The Archive's Arabesque
Guttormsgaards' archive is a unique collection of art of known and unknown origin that defies established categories. In a defunct dairy at Blaker, one finds Tater (Roma) works made of steel wire standing next to Russian avant-garde books and ribbons made by Tibetan nomads, while African headrests are collected alongside works by Bendik Riis and Hannah Ryggen. In The Archive's Arabesque, drawing is used as a navigational tool for exploring the rich holdings of Guttormsgaard’s Archive. Through animation (Anna Sofie Mathiasen), algorithms (Institute for Computational Vandalism) and cartoon-strips (Thomas Sørlie Hansen), the exhibition’s participating artists draw lines that create new constellations – arabesques – in the archive.
A line is the trace a material leaves behind when it passes over another material. It is the trace of a pencil, paintbrush or pen on paper or canvas. It is a pin or finger’s trace in clay and a chisel’s trace in stone. It is the trace of a planer on a plank of wood and a plough’s furrow in the earth. It is an algorithm’s path through a database, Panto’s visit in the archive and a ship’s voyage from Norman church graffiti to a Soviet tobacco box. Everything that lives moves, and everything that moves creates arabesques in time and space. Have you made any arabesques lately?
Thomas Sørlie Hansen is 35 years old and comes from Rælingen. He has a master’s degree in visual communication from Oslo National Academy of the Arts. Since 2008 he has worked freelance as an illustrator, cartoonist and graphic designer. For one period he was the head teacher in illustration at Kristiania University College, Trondheim. Sørlie Hansen has collaborated on creating artist’s books, with, among others, Guttorm Guttormsgaard. In May 2020 he will be an artist in residence at the MuseumsQuartier in Vienna, where he will launch the book Pictures of Death.
Anna Sofie Mathiasen (b. 1995, Copenhagen, DK) lives and works in Oslo. She is currently studying at Oslo National Academy of the Arts / Academy of Fine Art and will complete her MFA in 2020. Mathiasen works three-dimensionally with installation, sculpture, text, photography, collage, film and animation. She deals with questions relating to the reactivation and reanimation of found materials and stories. In the summer of 2018, Mathiasen participated in the residency programme ‘The Collective Subject of History’ at Guttormsgaard s arkiv (organised by PRAKSIS), and since then has worked with objects from the archive.

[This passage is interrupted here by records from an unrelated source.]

// The booked order that a signing names.
ghost use Rattle.std.specs.Prelude.{◌≡◌};
ghost use Rattle.bank_rows.specs.State.{bank_of, Laid};
ghost use Rattle.bank_verdicts.specs.Refusals.{is_order, find_order};

use bank_rows::places::place_at;
use bank_state::limits::PLACE_COUNT;
use bank_state::search::is_booked;
use bank_state::state::Place;
use message::order_numbers::order_number_of;

// Whether a place holds the booked order of this owner with this order number.
#[tactic(auto, unfolding(bank_verdicts::specs::Refusals::is_order))]
fn is_order(p: Place, owner: u64, order: u64) -> bool
    ensures { result ≡ is_order owner order p }
{
    is_booked(p.used) && p.subscriber == owner && order_number_of(p.number) == order
}

// The place of a booked order; the number of places where there is none, as `find_order` of specs/ has it.
pub fn find_order(rows: &[u64], owner: u64, order: u64) -> usize
    requires { Laid rows.now }
    ensures { result ≡ find_order owner order (bank_of rows.now) }
{
    for i in 0..PLACE_COUNT {
        if is_order(place_at(rows, i), owner, order) {
            return i;
        }
    }
    PLACE_COUNT
}
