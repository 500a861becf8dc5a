// How a signing is judged: document 01's list from top to bottom, as document 02's card 8 has it.
ghost use Rattle.std.specs.Prelude.{◌≡◌, not, ◌≤◌, ◌<◌};
ghost use Rattle.signers.specs.Signers.{is_signer};
ghost use Rattle.bank_state.specs.Limits.{place_count, all_signers};
ghost use Rattle.bank_rows.specs.State.{bank_of, Laid};
ghost use Rattle.bank_verdicts.specs.Judgement.{order_at, signed, judge_signing};
ghost use Rattle.bank_verdicts.specs.Refusals.{no_owner, signs_download, no_memory};
ghost use Rattle.bank_signing.specs.Signings.{SignerSets};

use crate::orders::find_order;
use bank_lists::nonces::nonce_count;
use bank_openings::judgement::{is_replay, unknown_type};
use bank_rows::places::place_at;
use bank_state::limits::{NONCE_COUNT, PLACE_COUNT};
use bank_state::state::Place;
use bank_verdicts::verdict::{SignedOrder, Verdict};
use frame_table::fields::Fields;
use message::codes::ReturnCode;
use message::limits::{FDL, SUBSCRIBERS};
use signers::set::is_signer;

// 091003: owner not 1 to 8.
#[tactic(auto, unfolding(bank_verdicts::specs::Refusals::no_owner))]
fn no_owner(q: Fields) -> bool
    ensures { result ≡ no_owner q }
{
    !(1..=SUBSCRIBERS).contains(&q.owner())
}

// 061002: order type FDL.
#[tactic(auto, unfolding(bank_verdicts::specs::Refusals::signs_download))]
fn signs_download(q: Fields) -> bool
    ensures { result ≡ signs_download q }
{
    q.order_type() == FDL
}

// 061099: 64 nonces remembered.
#[tactic(auto, unfolding(bank_verdicts::specs::Refusals::no_memory))]
fn no_memory(rows: &[u64]) -> bool
    requires { Laid rows.now }
    ensures { result ≡ no_memory (bank_of rows.now) }
{
    NONCE_COUNT <= nonce_count(rows)
}

// The place of the order that a signing names; the number of places where there is none.
fn order_at(rows: &[u64], q: Fields) -> usize
    requires { Laid rows.now }
    ensures { result ≡ order_at (bank_of rows.now) q }
{
    find_order(rows, q.owner(), q.order_number())
}

// Whether the subscriber is none of the signers of a place's order.
fn is_new(p: Place, subscriber: u64) -> bool
    requires { p.signers ≤ all_signers }
    ensures { result ≡ not (is_signer subscriber p.signers) }
{
    !is_signer(p.signers as u8, subscriber)
}

// An accepted signing of the order in place i: its ID and number, and whether it has a signer more.
fn signed(rows: &[u64], i: usize, q: Fields) -> Verdict
    requires { Laid rows.now × SignerSets (bank_of rows.now) × (i < place_count)
        × (i ≡ order_at (bank_of rows.now) q) }
    ensures { result ≡ signed (bank_of rows.now) q }
{
    let p = place_at(rows, i);
    let order = SignedOrder {
        transaction: p.transaction,
        number: p.number,
    };
    Verdict::Signed(order, is_new(p, q.subscriber()))
}

// A signing, judged in document 01's order: a line for each row of `signing_rows`.
#[tactic(auto, unfolding(bank_verdicts::specs::Judgement::judge_signing, bank_verdicts::specs::Refusals::signing_rows, bank_verdicts::specs::Refusals::not_booked))]
pub fn judge_signing(rows: &[u64], q: Fields) -> Verdict
    requires { Laid rows.now × SignerSets (bank_of rows.now) }
    ensures { result ≡ judge_signing (bank_of rows.now) q }
{
    if no_owner(q) {
        return Verdict::Refused(ReturnCode::UserUnknown);
    }
    if unknown_type(q) {
        return Verdict::Refused(ReturnCode::InvalidOrderType);
    }
    if signs_download(q) {
        return Verdict::Refused(ReturnCode::InvalidRequest);
    }
    if is_replay(rows, q) {
        return Verdict::Refused(ReturnCode::MessageReplay);
    }
    let i = order_at(rows, q);
    if PLACE_COUNT <= i {
        return Verdict::Refused(ReturnCode::OrderIdUnknown);
    }
    if no_memory(rows) {
        return Verdict::Refused(ReturnCode::InternalError);
    }
    signed(rows, i, q)
}
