// Signings: the booked order that one names, how it is judged, and what an accepted one leaves.
#![tactic(auto)]

pub mod judgement;
pub mod orders;
pub mod signing;
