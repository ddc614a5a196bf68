//! The state of the machine, and each event as a method.
ghost use Rattle.std.specs.Prelude.{◌≡◌, ◌<◌, ◌≤◌, ◌==◌, ◌&&◌, ◌∷◌, ◌++◌, [], not, is_some, IfOk, OnOk, OnErr, IsTrue, if◌then◌else◌, length};
ghost use Rattle.std.specs.List.{filter, list_all};
ghost use Rattle.seize_machine.specs.Machine.State as state;
ghost use Rattle.seize_machine.specs.Machine.Event as event;
ghost use Rattle.seize_machine.specs.Machine.Next.{scheme, next, has_others, is_empty, first_free, is_outside, retiring, with_named, is_none_or_fresh, swapped};
ghost use Rattle.seize_machine.specs.Machine.Laws.{is_quiet};
ghost use Rattle.seize_machine.specs.Machine.Code.{HasOutcome, CountsFit, head_view, event_of};

use super::batch::Batch;
use super::event::{Answer, Event, Exchange, Job, Try};
use super::head::Head;
use super::slot::{Place, Slot};
use seize_table::thread_id::MAX_INDEX;
use std::alloc::{AllocError, Global};
use std::collections::VecDeque;
use std::marker::Model;
use std::mem;

/// How many slot numbers there are.
const NUMBERS: usize = MAX_INDEX + 1;

#[derive(Drop)]
pub(super) struct Configuration {
    alloc: Global,
    slots: Vec<Slot>,
    heads: Vec<Head>,
    batches: Vec<Batch>,
    links: Vec<Option<u64>>,
    rest: VecDeque<u64>,
    loose: Vec<u64>,
    gone: Vec<u64>,
    named: Vec<u64>,
}

impl Model for Configuration {
    ghost Value = { state.State };

    ghost view = { λ c. record {
      slots = c.slots.items;
      heads = c.heads.items;
      batches = c.batches.items;
      links = c.links.items;
      rest = c.rest.items;
      loose = c.loose.items;
      gone = c.gone.items;
      named = c.named.items;
    } };

    ghost invariant = { λ c. length c.heads.items ≡ length c.slots.items };
}

/// The least number that is not in use.
fn first_free(slots: &[Slot]) -> usize
    ensures least { result ≡ first_free slots.now }
    ensures in_range { result ≤ length slots.now }
{
    for (n, slot) in slots.iter().enumerate() {
        if !slot.is_used() {
            return n;
        }
    }
    slots.len()
}

/// Takes a value out of a list, wherever it stands.
fn remove(values: &mut Vec<u64>, value: u64)
    ensures { values.new.items ≡ filter (λ x. not (x == value)) values.old.items }
{
    values.retain(|x| *x != value);
}

/// Whether none of these values was ever named.
fn are_new(named: &[u64], values: &[u64]) -> bool
    ensures { result ≡ list_all (λ v. not (state.has v named.now)) values.now }
{
    values.iter().all(|value| !named.contains(value))
}

/// Whether no slot has a call under way.
fn are_idle(slots: &[Slot]) -> bool
    ensures { result ≡ list_all (λ slot. not (is_some slot.call)) slots.now }
{
    slots.iter().all(|slot| !slot.has_call())
}

/// Whether no head is active.
fn are_inactive(heads: &[Head]) -> bool
    ensures { result ≡ list_all (λ head. not (state.is_active head)) heads.now }
{
    heads.iter().all(|head| !head.is_active())
}

/// Whether no value stands in the list twice.
fn are_distinct(values: &[u64]) -> bool
    ensures { result ≡ state.are_distinct values.now }
{
    for (i, value) in values.iter().enumerate() {
        if values[i + 1..].contains(value) {
            return false;
        }
    }
    true
}
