// The forms that a sheet comes in.
ghost use Rattle.std.specs.Prelude.{ℕ, List};
ghost use Rattle.scope.specs.Sheet.{weighted};
ghost use Rattle.scope.specs.Causes.{Read};
ghost use Rattle.scope.specs.Sheets.{SheetRead};
ghost use Rattle.scope.specs.Texts.{TextRead};
ghost use Rattle.scope.specs.Source.{Source};
ghost use Rattle.scope.proofs.Claims.{form_source};
ghost use Rattle.scope.specs.Source as scope;
ghost use Rattle.words.specs.Told.{Fills};

use words::Words;
use words::refusal::Cause;

// A form: what is read of bytes, and the reader that is proved to read that.
pub trait Form {
    ghost Reading: { List ℕ → Read → Type 0 };

    // Fills the words, or tells the cause to turn the bytes down.
    fn read(s: &[u8], words: &mut Words) -> Result<(), Cause>
        ensures { Fills (Reading s.now) result words.new };

    // what is read is a source for the jobs
    ghost source: { (s : List ℕ) (r : Read) → Reading s r → Source r };
}

// The fixed-column sheet.
pub struct Fixed;

impl Form for Fixed {
    ghost Reading = { SheetRead weighted };

    ghost source = { λ s r. form_source (scope.Form.sheet s) r };

    #[inline(always)]
    fn read(s: &[u8], words: &mut Words) -> Result<(), Cause> {
        sheet::read(s, words)
    }
}

// The typed text.
pub struct Typed;

impl Form for Typed {
    ghost Reading = { TextRead };

    ghost source = { λ s r. form_source (scope.Form.text s) r };

    #[inline(always)]
    fn read(s: &[u8], words: &mut Words) -> Result<(), Cause> {
        text::read(s, words)
    }
}
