// The jobs, over bytes of any form: each reads them, and hands on the sheet or the cause to turn it down.
ghost use Rattle.std.specs.Prelude.{◌≡◌, length, ltb, is_none, unwrap_or};
ghost use Rattle.scope.specs.Jobs.{IsAnswer, IsShortRun, IsRating};
ghost use Rattle.scope.specs.Demands.{IsPair};
ghost use Rattle.scope.specs.Program.{listing_result, most_output, most_sheet, IsListing, IsConverted};
ghost use Rattle.scope.specs.Filling.{IsRead};
ghost use Rattle.jobs.specs.Figures.{result_of, rating_of, answer_from};
ghost use Rattle.words.specs.Told.{told};
ghost use Rattle.planner.specs.Returned.{read_from};

use crate::form::Form;
use jobs::outcome::{Outcome, PairRuns, Rating};
use output::{put_output, put_sheet};
use words::refusal::Cause;
use words::sheet::Sheet;
use words::{Plan, WORDS, Words};

// The valid sheet that bytes stand for, read into lent words, or the first cause to turn them down.
#[inline(always)]
fn sheet_of<'a, F: Form>(s: &[u8], words: &'a mut Words) -> Result<Sheet<'a>, Cause>
    ensures { F.Reading s.now (told result) }
{
    F::read(s, words)?;
    Ok(Sheet::new(words))
}

// A function a job, each of the same few words: one with a closure for the job would leave what is said of a list or of patterns to its
// callers.

// Answer: the list goes into `list`, and words after it keep their content.
pub fn answer<F: Form>(s: &[u8], list: &mut [u32]) -> Outcome
    ensures { IsAnswer (F.Reading s.now) list.old (answer_from result list.new) }
{
    let mut words = [0; WORDS];
    jobs::told::answer(&sheet_of::<F>(s, &mut words), list)
}

// Short run: the best plan that passes the given patterns.
pub fn short_run<F: Form>(s: &[u8], patterns: &[u32]) -> Outcome
    ensures { IsShortRun (F.Reading s.now) patterns.now (result_of result) }
{
    let mut words = [0; WORDS];
    jobs::told::short_run(&sheet_of::<F>(s, &mut words), patterns)
}

// Rating: what a plan costs, and which pattern it misses first.
pub fn rate<F: Form>(s: &[u8], plan: Plan) -> Result<Rating, Cause>
    ensures { IsRating (F.Reading s.now) plan.0 (rating_of result) }
{
    let mut words = [0; WORDS];
    jobs::told::rate(&sheet_of::<F>(s, &mut words), plan)
}

// Demand 3: Answer, then Short run over what it listed, and over the first `j` words of that.
pub fn run_pair<F: Form>(s: &[u8], list: &mut [u32], j: usize) -> PairRuns
    ensures { IsPair (F.Reading s.now) list.old j (answer_from result.full list.new) (result_of result.short) (result_of result.front) }
{
    let mut words = [0; WORDS];
    jobs::told::run_pair(&sheet_of::<F>(s, &mut words), list, j)
}

// What the program prints, put at the beginning of `out`; its length is returned. A buffer that is shorter than the longest
// listing is left as it was, and there is none.
pub fn print_listing<F: Form>(s: &[u8], out: &mut [u8]) -> Option<usize>
    ensures listing { IsListing (F.Reading s.now) out.old (listing_result (unwrap_or result 0) out.new) }
    ensures short { is_none result ≡ ltb (length out.old) most_output }
{
    let mut words = [0; WORDS];
    put_output(&sheet_of::<F>(s, &mut words), out)
}

// The sheet put at the beginning of `out`, or the lines that tell its refusal; the length is returned. A buffer that is shorter
// than the longest sheet is left as it was, and there is none.
pub fn print_sheet<F: Form>(s: &[u8], out: &mut [u8]) -> Option<usize>
    ensures sheet { IsConverted (F.Reading s.now) out.old (listing_result (unwrap_or result 0) out.new) }
    ensures short { is_none result ≡ ltb (length out.old) most_sheet }
{
    let mut words = [0; WORDS];
    put_sheet(&sheet_of::<F>(s, &mut words), out)
}

// Its tables put into lent ones; after a refusal these are as they were.
pub fn read<F: Form>(s: &[u8], tables: &mut Words) -> Result<(), Cause>
    ensures { IsRead (F.Reading s.now) tables.old (read_from result tables.new) }
{
    let mut filled = [0; WORDS];
    F::read(s, &mut filled)?;
    *tables = filled;
    Ok(())
}
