// The jobs over bytes: Answer, Short run and Rating, for every byte string, every lent list and every number. It rests on `sheet` and
// `text` for reading, on `jobs`, and on `output` for what is printed.
//
// A form, of which there are two (`form`), is a parameter of each job, as in `planner::answer::<Typed>(bytes, list)`. What is exported,
// which is what can be reached from outside this crate, is these functions: none has a `requires`. With them go the limits of what is
// read and printed, in bytes. The calls for C are in the crate `planner_c`.
#![tactic(auto)]

mod form;
mod over;

pub use form::{Fixed, Form, Typed};
pub use output::{MOST_LISTING, MOST_SHEET};
pub use over::{answer, print_listing, print_sheet, rate, read, run_pair, short_run};
pub use text::MOST_TEXT;
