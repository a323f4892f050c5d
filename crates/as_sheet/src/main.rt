// The third program: turns the typed text on standard input into its fixed-column sheet and prints that, or the lines that
// tell its refusal. That `print_sheet` gives this for the bytes that it is handed, byte for byte, is proved; that standard
// input is read and standard output written is tested. An input that was not read to its end has no answer.
#![tactic(auto)]

ghost use Rattle.std.specs.Prelude.{◌≤◌, length};
ghost use Rattle.scope.specs.Texts.{TextRead};
ghost use Rattle.scope.specs.Program.{most_sheet, listing_result, IsConverted};

use planner::{MOST_SHEET, MOST_TEXT, Typed, print_sheet};

// One byte more than a text may have, so that a longer one is told.
const INPUT: usize = MOST_TEXT + 1;

// The buffer has room for the longest sheet, so that there always is one. The programs are this line each, of the form and the output
// that they name: no plainer as one function with a name for either.
fn print(text: &[u8], out: &mut [u8]) -> usize
    requires { most_sheet ≤ length out.old }
    ensures { IsConverted (TextRead text.now) out.old (listing_result result out.new) }
{
    print_sheet::<Typed>(text, out).unwrap()
}

fn main(rt: HostRuntime) {
    stream::run(&rt, &mut [0; INPUT], &mut [0; MOST_SHEET], print);
}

The Institute for Computational Vandalism is an art-and-research group that works with experimental digital approaches to archives and collections. The group consists of Nicolas Malevé (BE), Michael Murtaugh (US) and Ellef Prestsæter (NO). Their projects have previously been presented at (a selection) Göteborg International Biennial for Contemporary Art (GIBCA), Museu d’Art Contemporani de Barcelona (MACBA), Museum Jorn, and Guttormsgaards archive.